Re: [PATCH v2 1/2] KVM: VMX: FIXED+PHYSICAL mode single target IPI fastpath

From: Sean Christopherson
Date: Wed Nov 20 2019 - 12:02:33 EST

On Wed, Nov 20, 2019 at 11:49:36AM +0800, Wanpeng Li wrote:
> On Tue, 19 Nov 2019 at 20:11, Liran Alon <liran.alon@xxxxxxxxxx> wrote:
> > > +
> > > +static void vmx_handle_exit_irqoff(struct kvm_vcpu *vcpu, u32 *exit_reason)
> > > {
> > > struct vcpu_vmx *vmx = to_vmx(vcpu);
> > >
> > > @@ -6231,6 +6263,8 @@ static void vmx_handle_exit_irqoff(struct kvm_vcpu *vcpu)
> > > handle_external_interrupt_irqoff(vcpu);
> > > else if (vmx->exit_reason == EXIT_REASON_EXCEPTION_NMI)
> > > handle_exception_nmi_irqoff(vmx);
> > > + else if (vmx->exit_reason == EXIT_REASON_MSR_WRITE)
> > > + *exit_reason = handle_ipi_fastpath(vcpu);
> >
> > 1) This case requires a comment as the only reason it is called here is an
> > optimisation. In contrast to the other cases which must be called before
> > interrupts are enabled on the host.
> >
> > 2) I would rename handler to handle_accel_set_msr_irqoff(). To signal this
> > handler runs with host interrupts disabled and to make it a general place
> > for accelerating WRMSRs in case we would require more in the future.
> Yes, TSCDEADLINE/VMX PREEMPTION TIMER is in my todo list after this merged
> upstream, handle all the comments in v3, thanks for making this nicer
> further. :)

Handling those is very different than what is being proposed here though.
For this case, only the side effect of the WRMSR is being expedited, KVM
still goes through the heavy VM-Exit handler path to handle emulating the
WRMSR itself.

To truly expedite things like TSCDEADLINE, the entire emulation of WRMSR
would need be handled without going through the standard VM-Exit handler,
which is a much more fundamental change to vcpu_enter_guest() and has
different requirements. For example, keeping IRQs disabled is pointless
for generic WRMSR emulation since the interrupt will fire as soon as KVM
resumes the guest, whereas keeping IRQs disabled for processing ICR writes
is a valid optimization since recognition of the IPI on the dest vCPU
isn't dependent on KVM resuming the current vCPU.

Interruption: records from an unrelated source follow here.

//! Which facts of rows are claimed. Nothing is promised of the choice, since each claim is checked.
//!
//! It goes by terms: the label of an operation, its place among stores and outputs, and the terms of what it reads. An
//! operation of the rows that the block has no more of is found to be one that is missing there, by the cheapest change of
//! what it reads; from then on it counts as that one, so that nobody is blamed for another's fault.

mod counts;
pub(crate) mod data_flow;
mod doubts;
mod guesses;
mod known;
mod lines;
mod misread;
mod missing;
mod orders;
pub(crate) mod side;
mod strays;
mod walk;

use self::counts::Counts;
use self::data_flow::DataFlow;
use self::missing::Missing;
use self::side::{Side, effects, paired};
use self::strays::Strays;
use self::walk::{Found, Said, Walk};
use crate::claim::Claim;
use iloc_facts::Sides;
use iloc_ops::NoMemory;
use std::alloc::Global;
use std::collections::BTreeMap;

/// What is claimed of rows.
#[derive(Drop)]
pub(crate) struct RowClaims {
    /// In the order in which it is listed.
    pub claims: Vec<Claim>,
    /// The same of what is claimed where none of `claims` is a fact.
    pub otherwise: Vec<Claim>,
    /// The operation of the block that is named as left out.
    pub left_out: Option<usize>,
    /// The operation of the rows that is named as added.
    pub added: Option<usize>,
}

/// By operation whether there are more of its label than among others.
fn short(alloc: Global, flow: &DataFlow, others: &DataFlow) -> Result<Vec<bool>, NoMemory> {
    let here = Counts::of(alloc, &flow.labels)?;
    let there = Counts::of(alloc, &others.labels)?;
    let mut are = Vec::with_capacity(alloc, flow.labels.len())?;
    for label in &flow.labels {
        are.push(there.get(*label) < here.get(*label))?;
    }
    Ok(are)
}

/// A walk through the rows that has yet to begin.
fn begun<'a>(
    alloc: Global,
    sides: &'a Sides<'a>,
    block: &'a Side<'a>,
    rows: &'a Side<'a>,
    read: &'a BTreeMap<usize, usize>,
) -> Result<Walk<'a>, NoMemory> {
    let short = short(alloc, block.flow, rows.flow)?;
    let counterparts = paired(alloc, &rows.both, &block.both)?;
    Ok(Walk {
        alloc,
        sides,
        block,
        rows,
        missing: Missing::of(alloc, block, short, &counterparts)?,
        strays: Strays::none(alloc, rows.flow, &counterparts, read)?,
        found: Found::of(alloc, rows, counterparts)?,
        store: None,
        said: Said::nothing(alloc),
    })
}

/// What is claimed of rows, gone through from first to last.
fn walked(
    alloc: Global,
    sides: &Sides,
    block: &Side,
    rows: &Side,
    read: &BTreeMap<usize, usize>,
) -> Result<RowClaims, NoMemory> {
    let mut walk = begun(alloc, sides, block, rows, read)?;
    for row in sides.schedule.rows() {
        walk.pass(row)?;
    }
    walk.choice()
}

/// What is claimed of the rows of `sides`: `here` is the data flow of the block, `there` the one of the rows.
pub(crate) fn chosen(
    alloc: Global,
    sides: &Sides,
    here: &DataFlow,
    there: &DataFlow,
    read: &BTreeMap<usize, usize>,
) -> Result<RowClaims, NoMemory> {
    let places_count = effects(here) == effects(there);
    let block = Side::of(alloc, here, places_count)?;
    let rows = Side::of(alloc, there, places_count)?;
    walked(alloc, sides, &block, &rows, read)
}
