//! Operations that read others than their counterparts in the block, where the first of a label is that of the block's first,
//! and so on.
ghost use Rattle.std.specs.Prelude.{◌≡◌, ◌<◌, ◌↔◌, length, take, false, IfOk, IfSome, IsTrue};
ghost use Rattle.iloc_meaning.specs.Trace.{op_at};
ghost use Rattle.iloc_facts.specs.Counts.{count_like};
ghost use Rattle.iloc_facts.specs.Facts.{AreSources, IsCounterpart, IsFact};
ghost use Rattle.iloc_reasons.specs.Steps.Sides.{AreAllRead};

use crate::choice::data_flow::DataFlow;
use crate::choice::side::paired;
use crate::claim::source_at;
use iloc_facts::{Fact, Sides, Sources, have_one_label};
use iloc_ops::{NoMemory, Op};
use std::alloc::Global;

/// How many operations of the label of operation k come before it.
fn count_before(ops: &[Op], k: usize) -> usize
    requires { k < length ops.now }
    ensures { result ≡ count_like (op_at ops.now k) (take k ops.now) }
{
    let mut count = 0;
    for j in 0..k {
        if have_one_label(&ops[k], &ops[j]) {
            count += 1;
        }
    }
    count
}

/// Whether operation i of the block is the counterpart of operation k of the rows.
fn is_counterpart(block: &[Op], ops: &[Op], i: usize, k: usize) -> bool
    requires { k < length ops.now }
    ensures { IsTrue result ↔ IsCounterpart block.now ops.now i k }
{
    i < block.len()
        && have_one_label(&block[i], &ops[k])
        && count_before(block, i) == count_before(ops, k)
}

/// Whether what is read is the start of a register on both sides, or results of counterparts.
fn is_same(sides: &Sides, given: Option<usize>, read: Option<usize>) -> bool
    ensures { result ≡ false → AreSources (IsCounterpart sides.now.block.items sides.now.schedule.now.ops) given read → ⊥ }
{
    let ops = sides.schedule.ops();
    match (given, read) {
        (Some(o), Some(j)) => j >= ops.len() || is_counterpart(&sides.block, ops, o, j),
        (None, None) => true,
        _ => false,
    }
}

/// The same of all that is read.
fn are_same(sides: &Sides, given: Sources, read: Sources) -> bool
    ensures { result ≡ false → AreAllRead (IsCounterpart sides.now.block.items sides.now.schedule.now.ops) given read → ⊥ }
{
    match (given, read) {
        (Sources::One(only), Sources::One(other)) => is_same(sides, only, other),
        (Sources::Two(left, right), Sources::Two(other, another)) => {
            is_same(sides, left, other) && is_same(sides, right, another)
        }
        _ => true,
    }
}

/// Operation `k` of the rows doesn't read what its counterpart reads, if that is operation `i` of the block.
pub(crate) fn seen(sides: &Sides, k: usize, i: usize) -> Option<Fact>
    ensures { IfSome result (IsFact sides.now.latencies.now sides.now.block.items sides.now.schedule.now.ops
        sides.now.schedule.now.rows) }
{
    let issue = sides.issue(k)?;
    let given = sides.given(i)?;
    let reading = sides.reading(k)?;
    let ops = sides.schedule.ops();
    if is_counterpart(&sides.block, ops, i, k) && !are_same(sides, given, reading.sources) {
        return Some(Fact::See { issue });
    }
    None
}

/// Which operation of the block it is whose result is read, by partner.
fn partner(partners: &[Option<usize>], read: Option<usize>) -> Option<usize> {
    partners.get(read?).copied().flatten()
}

/// Whether operation k of the rows reads at some place others than operation i of the block, by partner.
fn reads_others(sides: &Sides, partners: &[Option<usize>], k: usize, i: usize) -> bool {
    let (Some(given), Some(reading)) = (sides.givens.get(i), sides.readings.get(k)) else {
        return false;
    };
    for place in 0..2 {
        if partner(partners, source_at(reading.sources, place)) != source_at(*given, place) {
            return true;
        }
    }
    false
}

/// The first operation of the rows that doesn't read what its counterpart reads.
pub(crate) fn first_seen(
    alloc: Global,
    sides: &Sides,
    block: &DataFlow,
    rows: &DataFlow,
) -> Result<Option<Fact>, NoMemory>
    ensures { IfOk result (λ found. IfSome found (IsFact sides.now.latencies.now sides.now.block.items
        sides.now.schedule.now.ops sides.now.schedule.now.rows)) }
{
    let partners = paired(alloc, &rows.labels, &block.labels)?;
    for (k, partner) in partners.iter().enumerate() {
        if let Some(i) = *partner
            && reads_others(sides, &partners, k, i)
        {
            return Ok(seen(sides, k, i));
        }
    }
    Ok(None)
}
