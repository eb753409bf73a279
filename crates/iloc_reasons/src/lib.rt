//! Why rows that somebody made aren't issued as their block asks for: facts of the rows.
#![tactic(auto)]

mod choice;
mod claim;
mod counterpart;
mod likeness;
mod origins;
mod read;
mod reasons;
mod terms;

pub use origins::origins_of;
pub use reasons::reasons_of;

Rather than optimizing full emulation flows one at a time, i.e. exempting
the ICR case, I wonder if we're better off figuring out a way to improve
the performance of VM-Exit handling at a larger scale, e.g. avoid locking
kvm->srcu unnecessarily, Andrea's retpolin changes, etc...

Oh, a random thought, this fast path needs to be skipped if KVM is
running L2, i.e. is_guest_mode(vcpu) is true.